The IL-31 receptor interacts with a protein called IL-31. Signaling triggered by IL-31 is involved in inflammation and stimulating itching (pruritus), although its role is not completely understood.
At least 13 mutations in the OSMR gene have been found to cause primary localized cutaneous amyloidosis (PLCA) type 1, an itchy skin condition in which clumps of abnormal proteins called amyloids build up in the skin. These mutations change single protein building blocks (amino acids) in OSMRβ. Most alter a region of the protein thought to interact with the other subunit of the OSM receptor type II or the IL-31 receptor and may impair formation of these receptors.

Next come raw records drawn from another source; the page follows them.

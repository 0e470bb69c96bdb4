// The two drinkers that share a bottle.
ghost use Rattle.std.specs.Prelude.{◌≡◌};
ghost use Rattle.graph.specs.Ends.{joins, touches};

#[derive(Clone, Copy, PartialEq, Eq, Debug)]
pub struct Ends {
    pub lower: usize,
    pub higher: usize,
}

impl Ends {
    // Are p and q the two ends, in either order?
    pub fn joins(self, p: usize, q: usize) -> bool
        ensures { result ≡ joins self p q }
    {
        (p == self.lower && q == self.higher) || (p == self.higher && q == self.lower)
    }

    // Is p one of the two ends?
    pub fn touches(self, p: usize) -> bool
        ensures { result ≡ touches self p }
    {
        p == self.lower || p == self.higher
    }
}
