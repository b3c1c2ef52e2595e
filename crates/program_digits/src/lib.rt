// Decimal and hex, printed and read: what is printed is read back, and what is read is printed again (specs/Back.antt).
// Stays: a space and a place in it are two parameters, as in program_text, whose `Said` speaks of both.
#![tactic(auto)]

ghost use Rattle.std.specs.Prelude.{◌+◌, ◌*◌, ◌<◌, ◌≤◌, min, ◌≡◌, true, List, [], ◌∷◌, length, IfSome};
ghost use Rattle.std.proofs.lemmas.List.Edits.{sets};
ghost use Rattle.program_text.specs.Said.{Said};
ghost use Rattle.program_digits.specs.Digits.{sign, hex_digit, hex, or_none, in_base, read_decimal, read_dialogue, negative as digits_negative, positive as digits_positive, read_id, is_hex, read_here, octet_count};
ghost use Rattle.program_digits.specs.Digits.{decimal as digits_decimal, dialogue as digits_dialogue, octets as digits_octets};

use program_text::{put, word};

// The digit of an octet, a letter in either case; none of any other.
// Stays: a char's `to_digit` gives a u32, of which an octet would have to be made again: no plainer.
pub fn digit_of(x: u8) -> Option<u8>
    ensures value { result ≡ hex_digit x }
    ensures below { IfSome result (λ d. d < 16) }
{
    match x {
        b'0'..=b'9' => Some(x - b'0'),
        b'A'..=b'F' => Some(x - b'A' + 10),
        b'a'..=b'f' => Some(x - b'a' + 10),
        _ => None,
    }
}

fn sign_of(d: u8) -> u8
    requires { d < 16 }
    ensures { result ≡ sign d }
{
    if d < 10 { b'0' + d } else { b'A' + (d - 10) }
}

// A number in decimal.
pub fn decimal(out: &mut [u8], at: usize, n: u64) -> usize
    requires { at ≤ length out.old }
    ensures { Said out.old at (digits_decimal n) result out.new }
{
    let mut digits = [0u8; 20];
    let k = io::decimal(n, &mut digits);
    word(out, at, &digits[..k])
}

// A blank and a number.
pub fn spaced(out: &mut [u8], at: usize, n: u64) -> usize
    ensures { Said out.old at (32 ∷ digits_decimal n) result out.new }
{
    let a = put(out, at, b' ');
    decimal(out, a, n)
}

// An octet in hex capitals.
pub fn octet(out: &mut [u8], at: usize, x: u8) -> usize
    ensures { Said out.old at (hex (x ∷ [])) result out.new }
{
    let a = put(out, at, sign_of(x / 16));
    put(out, a, sign_of(x % 16))
}

// Octets in hex capitals, `-` for none.
// Stays: its loop is that of program_text's `word` but for what it writes of an octet; over a closure with a law it would be no shorter.
pub fn octets(out: &mut [u8], at: usize, s: &[u8]) -> usize
    requires { at ≤ length out.old }
    ensures { Said out.old at (or_none (hex s.now)) result out.new }
{
    if s.is_empty() {
        return put(out, at, b'-');
    }
    let mut k = at;
    for &x in s {
        k = octet(out, k, x);
    }
    k
}

// A dialogue's ID: 8 hex digits.
pub fn dialogue(out: &mut [u8], at: usize, id: u32) -> usize
    ensures { Said out.old at (digits_dialogue id) result out.new }
{
    let [p, q, r, s] = id.to_be_bytes();
    let a = octet(out, at, p);
    let b = octet(out, a, q);
    let c = octet(out, b, r);
    octet(out, c, s)
}

// A number with one digit more; one too large for 32 bits is the largest of 32 bits.
fn with_digit(n: u32, base: u8, d: u8) -> u32
    ensures { result ≡ min (n * base + d) 4294967295 }
{
    n.saturating_mul(u32::from(base))
        .saturating_add(u32::from(d))
}

// The number of digits below a base.
fn in_base(s: &[u8], base: u8) -> Option<u32>
    requires { (0 < base) × (base ≤ 16) }
    ensures { result ≡ in_base base s.now }
{
    let mut value = 0;
    for &x in s {
        let d = digit_of(x)?;
        if d >= base {
            return None;
        }
        value = with_digit(value, base, d);
    }
    Some(value)
}

// A decimal number without a sign or leading zeros. One too large for 32 bits is the largest of 32 bits.
pub fn read_decimal(s: &[u8]) -> Option<u32>
    ensures { result ≡ read_decimal s.now }
{
    match s {
        [] => None,
        [b'0', rest @ ..] => rest.is_empty().then_some(0),
        [_, ..] => in_base(s, 10),
    }
}

// A dialogue: 8 hex digits.
pub fn read_dialogue(s: &[u8]) -> Option<u32>
    ensures { result ≡ read_dialogue s.now }
{
    if s.len() != 8 {
        return None;
    }
    in_base(s, 16)
}

// The octet of -n, n from 1 to 128.
// Stays: this and `positive` are two definitions (specs/Digits); `as`, since the ranges say that the number fits.
fn negative(n: u32) -> Option<u8>
    ensures { result ≡ digits_negative (Some n) }
{
    match n {
        0 => None,
        1..=128 => Some((256 - n) as u8),
        _ => None,
    }
}

// The octet of n, n up to 127.
fn positive(n: u32) -> Option<u8>
    ensures { result ≡ digits_positive (Some n) }
{
    match n {
        0..=127 => Some(n as u8),
        _ => None,
    }
}

// An invoke ID, -128 to 127: its octet.
pub fn read_id(s: &[u8]) -> Option<u8>
    ensures { result ≡ read_id s.now }
{
    match s {
        [] => None,
        [b'-', digits @ ..] => negative(read_decimal(digits)?),
        [_, ..] => positive(read_decimal(s)?),
    }
}

// Octets in hex?
fn is_hex(s: &[u8]) -> bool
    ensures { result ≡ is_hex s.now }
{
    s.len() % 2 == 0 && in_base(s, 16).is_some()
}

// Each octet in the place of the digits, from their start.
// Stays: by index, since octets are put over the digits that they are read from; an iterator would hold those borrowed.
fn decode(s: &mut [u8])
    requires { is_hex s.old ≡ true }
    ensures { s.new ≡ sets s.old 0 (digits_octets s.old) }
{
    for i in 0..s.len() / 2 {
        let high = digit_of(s[2 * i]).unwrap();
        let low = digit_of(s[2 * i + 1]).unwrap();
        s[i] = high * 16 + low;
    }
}

// Octets in hex, read in their own place, from its start: how many; none of a text that is none, which stays.
pub fn read_octets(s: &mut [u8]) -> Option<usize>
    ensures { (result ≡ octet_count s.old) × (s.new ≡ read_here s.old) }
{
    if !is_hex(s) {
        return None;
    }
    decode(s);
    Some(s.len() / 2)
}
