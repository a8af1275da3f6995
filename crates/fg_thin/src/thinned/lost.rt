//! Which records are left out.
ghost use Rattle.std.specs.Prelude.{◌≡◌, ◌==◌, ◌%◌, ◌&&◌, ℕ, IfOk, nat_lt};
ghost use Rattle.std.specs.List.{list_any};
ghost use Rattle.std.specs.List.Sorted.{IsNonDecreasing};
ghost use Rattle.fg_thin.specs.Thinned.{is_lost};

use fg_shape::{Drops, Losses};
use std::alloc::{AllocError, Global};
use std::marker::Model;

/// Losses that are looked up: their drops are in order.
#[derive(Drop)]
pub(crate) struct Lost {
    drops: Vec<u64>,
    every: u64,
}

impl Model for Lost {
    ghost use Rattle.std.specs.List.Sorted.{IsNonDecreasing};
    ghost use Rattle.fg_shape.specs.declared.encoding.Losses.{Losses};

    ghost Value = { Losses };

    ghost view = { λ a. record { drops = a.drops.items; every = a.every } };

    ghost invariant = { λ a. IsNonDecreasing a.drops.items };
}

impl Lost {
    /// The same losses, to be looked up. All its memory is taken here.
    pub(crate) fn new(alloc: Global, losses: &Losses) -> Result<Lost, AllocError>
        ensures { IfOk result (λ lost. (number : ℕ) → is_lost lost number ≡ is_lost losses.now number) }
    {
        let mut drops = copied(alloc, &losses.drops)?;
        drops.sort_unstable();
        Ok(Lost {
            drops,
            every: losses.every,
        })
    }

    /// Whether the record of this number is left out.
    pub(crate) fn has(&self, number: u64) -> bool
        ensures { result ≡ is_lost self.now number }
    {
        contains(&self.drops, number) || is_multiple(self.every, number)
    }
}

/// Whether the number is among these, which are in order.
fn contains(drops: &[u64], number: u64) -> bool
    requires { IsNonDecreasing drops.now }
    ensures { result ≡ list_any (λ drop. drop == number) drops.now }
{
    match drops.binary_search(&number) {
        Ok(_) => true,
        Err(_) => false,
    }
}

/// Whether the number is a positive multiple, where there are multiples.
fn is_multiple(every: u64, number: u64) -> bool
    ensures { result ≡ (nat_lt 0 every && (nat_lt 0 number && number % every == 0)) }
{
    every > 0 && number > 0 && number % every == 0
}

/// The numbers, as they were added.
fn copied(alloc: Global, drops: &Drops) -> Result<Vec<u64>, AllocError>
    ensures { IfOk result (λ numbers. numbers.items ≡ drops.now) }
{
    let mut numbers = Vec::with_capacity(alloc, drops.count())?;
    for i in 0..drops.count() {
        numbers.push(drops.item(i))?;
    }
    Ok(numbers)
}
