//! Taking payloads from a stream, until there is something to give.
ghost use Rattle.std.specs.Prelude.{◌≡◌, ◌+◌, ◌*◌, ◌<◌, ◌≤◌, ◌⊎◌, ◌^◌, ℕ, Option, List, [], ◌∷◌, true, false, length, IfOk, IfErr, OnOk, OnErr};
ghost use Rattle.fg_io.specs.Faults.{Counts};
ghost use Rattle.fg_shape.specs.Settings.{CanEncode};
ghost use Rattle.fg_thin.specs.Thinned.{is_lost};
ghost use Rattle.fg_thin.specs.Sending.{IsReadOut};
ghost use Rattle.fg_thin.specs.Taking.{IsWay, KeepsWay, way_given, way_stream};

use super::history::History;
use super::sender::Sender;
use fg_encode::laws::a_payload_more_adds_its_records;
use fg_encode::stream::{StreamFault, StreamReader, StreamStep};
use fg_io::{Fault, Source};
use fg_shape::{Losses, Settings};
use std::alloc::{AllocError, Global};

/// The parts that a stream goes through, and whether its end was told.
#[derive(Drop)]
pub(crate) struct Taking {
    pub(crate) reader: StreamReader,
    pub(crate) sender: Sender,
    pub(crate) history: History,
    pub(crate) told: bool,
    pub(crate) fault: Option<StreamFault>,
}

/// The parts before the first read. All their memory is taken here.
pub(crate) fn begin(
    alloc: Global,
    settings: Settings,
    losses: &Losses,
    max: u64,
) -> Result<Taking, AllocError>
    requires can { CanEncode settings }
    requires max { (8 ≤ max) × (max ≤ 2 ^ 40) }
    ensures way { IfOk result (λ taking. (rest : Option (List ℕ)) → IsWay taking rest) }
    ensures settings { IfOk result (λ taking. taking.sender.encoder.settings ≡ settings) }
    ensures losses { IfOk result (λ taking. (number : ℕ)
        → is_lost taking.sender.losses number ≡ is_lost losses.now number) }
    ensures max { IfOk result (λ taking. taking.reader.max ≡ max) }
    ensures stream { IfOk result (λ taking. (rest : Option (List ℕ)) → way_stream taking rest ≡ rest) }
    ensures given { IfOk result (λ taking. way_given taking ≡ 0) }
    ensures untold { IfOk result (λ taking. taking.told ≡ false) }
{
    Ok(Taking {
        reader: StreamReader::new(alloc, settings.packets, max)?,
        sender: Sender::new(alloc, settings, losses)?,
        history: History::new(),
        told: false,
        fault: None,
    })
}

/// Takes payloads until there is something to give, or the stream's end is told.
pub(crate) fn fill<S: Source>(taking: &mut Taking, from: &mut S) -> Result<(), Fault>
    requires way { IsWay taking.old (S.left from.old) }
    requires read_out { IsReadOut taking.old.told taking.old.fault (S.left from.old) }
    ensures keeps { KeepsWay taking.old (S.left from.old) taking.new (S.left from.new) }
    ensures filled { OnOk result ((taking.new.told ≡ true) ⊎ (0 < length taking.new.sender.held)) }
    ensures stays { taking.old.told ≡ true → taking.new.told ≡ true }
    ensures failed { OnErr result (taking.new.told ≡ false) }
    ensures fault { IfErr result (λ fault. fault ≡ Fault.Read) }
    ensures faults { Counts result ((S.faults from.old, S.faults from.new) ∷ []) [] }
    ensures fixed { S.fixed from.new ≡ S.fixed from.old }
{
    while !taking.told && taking.sender.is_empty() {
        advance(taking, from)?;
    }
    Ok(())
}

/// Takes the next payload, or tells the stream's end.
fn advance<S: Source>(taking: &mut Taking, from: &mut S) -> Result<(), Fault>
    requires way { IsWay taking.old (S.left from.old) }
    requires open { taking.old.told ≡ false }
    requires empty { taking.old.sender.held ≡ [] }
    ensures keeps { KeepsWay taking.old (S.left from.old) taking.new (S.left from.new) }
    ensures rises { taking.old.reader.place ≤ taking.new.reader.place }
    ensures progress { OnOk result ((taking.new.told ≡ true) ⊎ (taking.old.reader.place < taking.new.reader.place)) }
    ensures failed { OnErr result (taking.new.told ≡ false) }
    ensures fault { IfErr result (λ fault. fault ≡ Fault.Read) }
    ensures faults { Counts result ((S.faults from.old, S.faults from.new) ∷ []) [] }
    ensures fixed { S.fixed from.new ≡ S.fixed from.old }
{
    a_payload_more_adds_its_records();
    match taking.reader.next(from)? {
        StreamStep::Payload => {
            taking.sender.send(taking.reader.payload());
            taking.history = taking.history.then(&taking.reader);
        }
        StreamStep::End(ending) => {
            taking.told = true;
            taking.fault = ending;
        }
    }
    Ok(())
}
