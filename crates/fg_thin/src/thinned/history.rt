//! Which payloads were taken. Proofs alone read it.
ghost use Rattle.std.specs.Prelude.{◌≡◌, ℕ, List, [], ◌∷◌, ◌++◌};
ghost use Rattle.std.specs.Borrow.{ftrue};

use fg_encode::stream::StreamReader;
use std::marker::Model;

/// The payloads that a reader has answered. It takes no memory, and its calls do nothing when they run.
#[derive(Drop)]
pub(crate) struct History {
    pub ghost payloads: { List (List ℕ) },
}

impl Model for History {
    ghost also_owns = { λ _. ftrue };
}

// It owns nothing.
unsafe impl Send for History {}

impl History {
    /// Before the first payload.
    pub(crate) fn new() -> History
        ensures { result.payloads ≡ [] }
    {
        History {}
    }

    /// One payload later: that which the reader answered last.
    pub(crate) fn then(&self, _reader: &StreamReader) -> History
        ensures { result.payloads ≡ self.now.payloads ++ _reader.now.payload ∷ [] }
    {
        History {}
    }
}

OSMR gene mutations reduce the chemical signals triggered by OSM and IL-31. Researchers speculate that this reduced signaling may make cells more likely to undergo apoptosis. Some studies suggest that apoptosis of skin cells releases abnormal proteins that form amyloids. It has been suggested that apoptosis is triggered by scratching the itchy skin, but the role of OSMR gene changes in skin itching is not clear.